Soto tersebut dibuat sedikit berbeda dari Soto Banjar, baik dari sisi bumbu maupun tampilan. Bila Soto Banjar berwarna kuning keemasan, Soto Dayak warnanya hitam pekat. Warna hitam itu berasal dari sambal khusus yang dibuat oleh Yusri. Sambal tersebut merupakan sambal andalan keluarga besarnya.
Ssst.. menurut Yusri, Soto Dayak sebenarnya tidak pernah ada. Itu bisa-bisanya dia saja untuk mem-branding Soto Banjar-nya menjadi soto yang unik. Tujuannya tentu saja agar masyarakat Batam banyak yang penasaran sehingga berbondong-bondong mencicip soto tersebut.
Strategi bisnis yang ia jalankan ternyata berhasil. Setelah memodifikasi produk, jumlah pengunjung meningkat tajam. Hingga akhirnya ia memutuskan untuk menyewa sebuah ruko agar pengunjung lebih nikmat mencicip soto yang ia tawarkan. Setelah satu tahun membuka warung "misbar" aka gerimis bubar di kawasan Batamcentre, ia kini menempati salah satu ruko di Komplek Tiban City Square. Ruko tersebut persisis di sebrang KFC Tiban.
Ruko itu cukup luas, ada belasan meja mungil yang bisa ditempati pengunjung. Ada meja yang dipadankan dengan kursi-kursi kayu yang etnik, ada juga yang berbentuk lesehan. Pengunjung bisa duduk-duduk santai seperti sedang "ngariung" di ruang keluarga. Apalagi juga disediakan televisi yang cukup besar, bisa untuk menonton film atau bahkan karaoke.
Tak hanya itu, pengunjung juga bisa makan atau berfoto dengan aneka aksesories khas Dayak dan Indian. Ada panah dan penutup kepala. Selain itu, ada tulisan-tulisan berbentuk persegi yang kekinian. Tulisan yang ditampilkan pun lucu-lucu, seperti "Sedang Mencari Jodoh di Soto Dayak" atau "Dulu Saya Pernah Kurus".
Yusri mengungkapkan ia memang sengaja menyediakan dinding tersebut untuk dicorat-coret pengunjung. Tujuannya agar dinding tersebut lebih cantik dan tidak kosong melompong. Saat awal dibuka pada September 2016 lalu, ia sebenarnya ingin menghias dinding tersebut dengan lukisan atau wallpaper, namun karena biayanya cukup tinggi ia mengurungkan rencana tersebut.

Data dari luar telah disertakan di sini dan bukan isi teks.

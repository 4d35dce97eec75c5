ghost use Rattle.std.specs.Prelude.{◌≡◌, IsTrue, pos};
ghost use Rattle.fpl_numbers.specs.Numbers.{is_nought};
ghost use Rattle.fpl_numbers.specs.Quotients.{whole};
ghost use Rattle.fpl_syntax.specs.Kinds.{is_field};
ghost use Rattle.fpl_syntax.specs.Sight.{sight};
ghost use Rattle.fpl_reader.specs.Stream.{IsLexable};
ghost use Rattle.fpl_reader.specs.Texts.{text_events};
ghost use Rattle.fpl_reader.specs.Reading.{unknown_in, zero_in, first_place, unknown_if, zero_if};

use crate::stream::Stream;
use crate::survey::{Event, Track, note};
use crate::terminals::terminal_of;
use fpl_numbers::Kind;
use fpl_syntax::{Scope, number_of};

#[inline(always)]
fn unknown_in(scope: &Scope, event: Option<Event>) -> Option<usize>
    ensures { result ≡ unknown_if (sight scope.now) event }
{
    match event {
        Some(Event::Used(word)) => {
            if number_of(scope, word) == 0 {
                Some(word.start)
            } else {
                None
            }
        }
        _ => None,
    }
}

/// The place of the first name in an expression that no generator has.
pub fn unknown_name(scope: &Scope) -> Option<usize>
    requires { IsLexable scope.now.text.now 0 }
    ensures { result ≡ first_place (unknown_in (sight scope.now)) (text_events scope.now.text.now) }
{
    let mut stream = Stream::new(scope.text);
    let mut track = Track::Outside;
    while let Some(token) = stream.next() {
        let (event, next) = note(track, terminal_of(scope.text, token));
        if let Some(place) = unknown_in(scope, event) {
            return Some(place);
        }
        track = next;
    }
    None
}

fn is_zero_in(kind: Kind, d: u128) -> bool
    requires { IsTrue (is_field kind) }
    ensures { result ≡ is_nought (whole kind (pos d)) }
{
    match kind {
        Kind::Rational => d == 0,
        Kind::Prime(p) => d % u128::from(p) == 0,
    }
}

#[inline(always)]
fn zero_in(kind: Kind, event: Option<Event>) -> Option<usize>
    requires { IsTrue (is_field kind) }
    ensures { result ≡ zero_if kind event }
{
    match event {
        Some(Event::Divided(d)) => {
            if is_zero_in(kind, d.value) {
                Some(d.place)
            } else {
                None
            }
        }
        _ => None,
    }
}

/// The place of the first denominator that is 0 in the field.
pub fn zero_denominator(scope: &Scope) -> Option<usize>
    requires { IsLexable scope.now.text.now 0 }
    ensures { result ≡ first_place (zero_in scope.now.kind) (text_events scope.now.text.now) }
{
    let mut stream = Stream::new(scope.text);
    let mut track = Track::Outside;
    while let Some(token) = stream.next() {
        let (event, next) = note(track, terminal_of(scope.text, token));
        if let Some(place) = zero_in(scope.kind, event) {
            return Some(place);
        }
        track = next;
    }
    None
}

Ia akhirnya memiliki ide untuk membiarkan didinding tersebut hitam polos begitu saja agar bisa digunakan pengunjung untuk mengekspresikan diri. Ia mengatakan daripada keluar uang sekitar Rp6 juta untuk menghias dinding, mending membeli kapur warna-warni yang harganya hanya ratusan ribu. Apalagi bila dibuat seperti itu, dekorasi dinding di kedai makan tersebut lebih variatif, bisa berubah setiap waktu sesuai dengan coretan pengunjung, sehingga tidak perlu upaya ekstra agar suasana kedai selalu terlihat baru.

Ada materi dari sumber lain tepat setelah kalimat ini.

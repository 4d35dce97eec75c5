ghost use Rattle.std.specs.Prelude.{◌≡◌, ◌∷◌, [], ◌++◌, MatchOption};

use fpl_lex::{Token, next_token};
use std::marker::Model;

/// The tokens of a text without faults, one at a time.
#[derive(Drop)]
pub struct Stream<'a> {
    text: &'a [u8],
    at: usize,
}

impl<'a> Model for Stream<'a> {
    ghost use Rattle.std.specs.Prelude.{List, ◌≤◌, length};
    ghost use Rattle.fpl_lex.specs.declared.token.Token.{Token};
    ghost use Rattle.fpl_reader.specs.Stream.{tokens_left, IsLexable};

    ghost Value = { List Token };

    ghost view = { λ s. tokens_left s.text.now s.at };

    ghost invariant = { λ s. IsLexable s.text.now s.at × (s.at ≤ length s.text.now) };
}

impl<'a> Stream<'a> {
    ghost use Rattle.fpl_reader.specs.Stream.{tokens_left, IsLexable};

    pub fn new(text: &'a [u8]) -> Self
        requires { IsLexable text.now 0 }
        ensures { result ≡ tokens_left text.now 0 }
    {
        Stream { text, at: 0 }
    }

    #[inline(always)]
    pub fn next(&mut self) -> Option<Token>
        ensures { MatchOption result ((self.old ≡ []) × (self.new ≡ [])) (λ t. self.old ≡ t ∷ self.new) }
    {
        match next_token(self.text, self.at) {
            Ok(Some(token)) => {
                self.at = token.end;
                Some(token)
            }
            _ => None,
        }
    }
}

Yusri menuturkan, saat pertama kali berjualan soto ia hanya memiliki satu karyawan. Kini setelah dua tahun berlalu, ia sudah memiliki tujuh karyawan yang sangat solid. Tujuh karyawan tersebut bekerja dari Selasa hingga Minggu, mulai pukul 11:00 hingga 24:00 WIB. Namun karena semuanya laki-laki, akhirnya setiap Jumat diputuskan baru beroperasi setiap pukul 13:00 WIB, karena sebagian ada yang harus menjalankan shalat Jumat.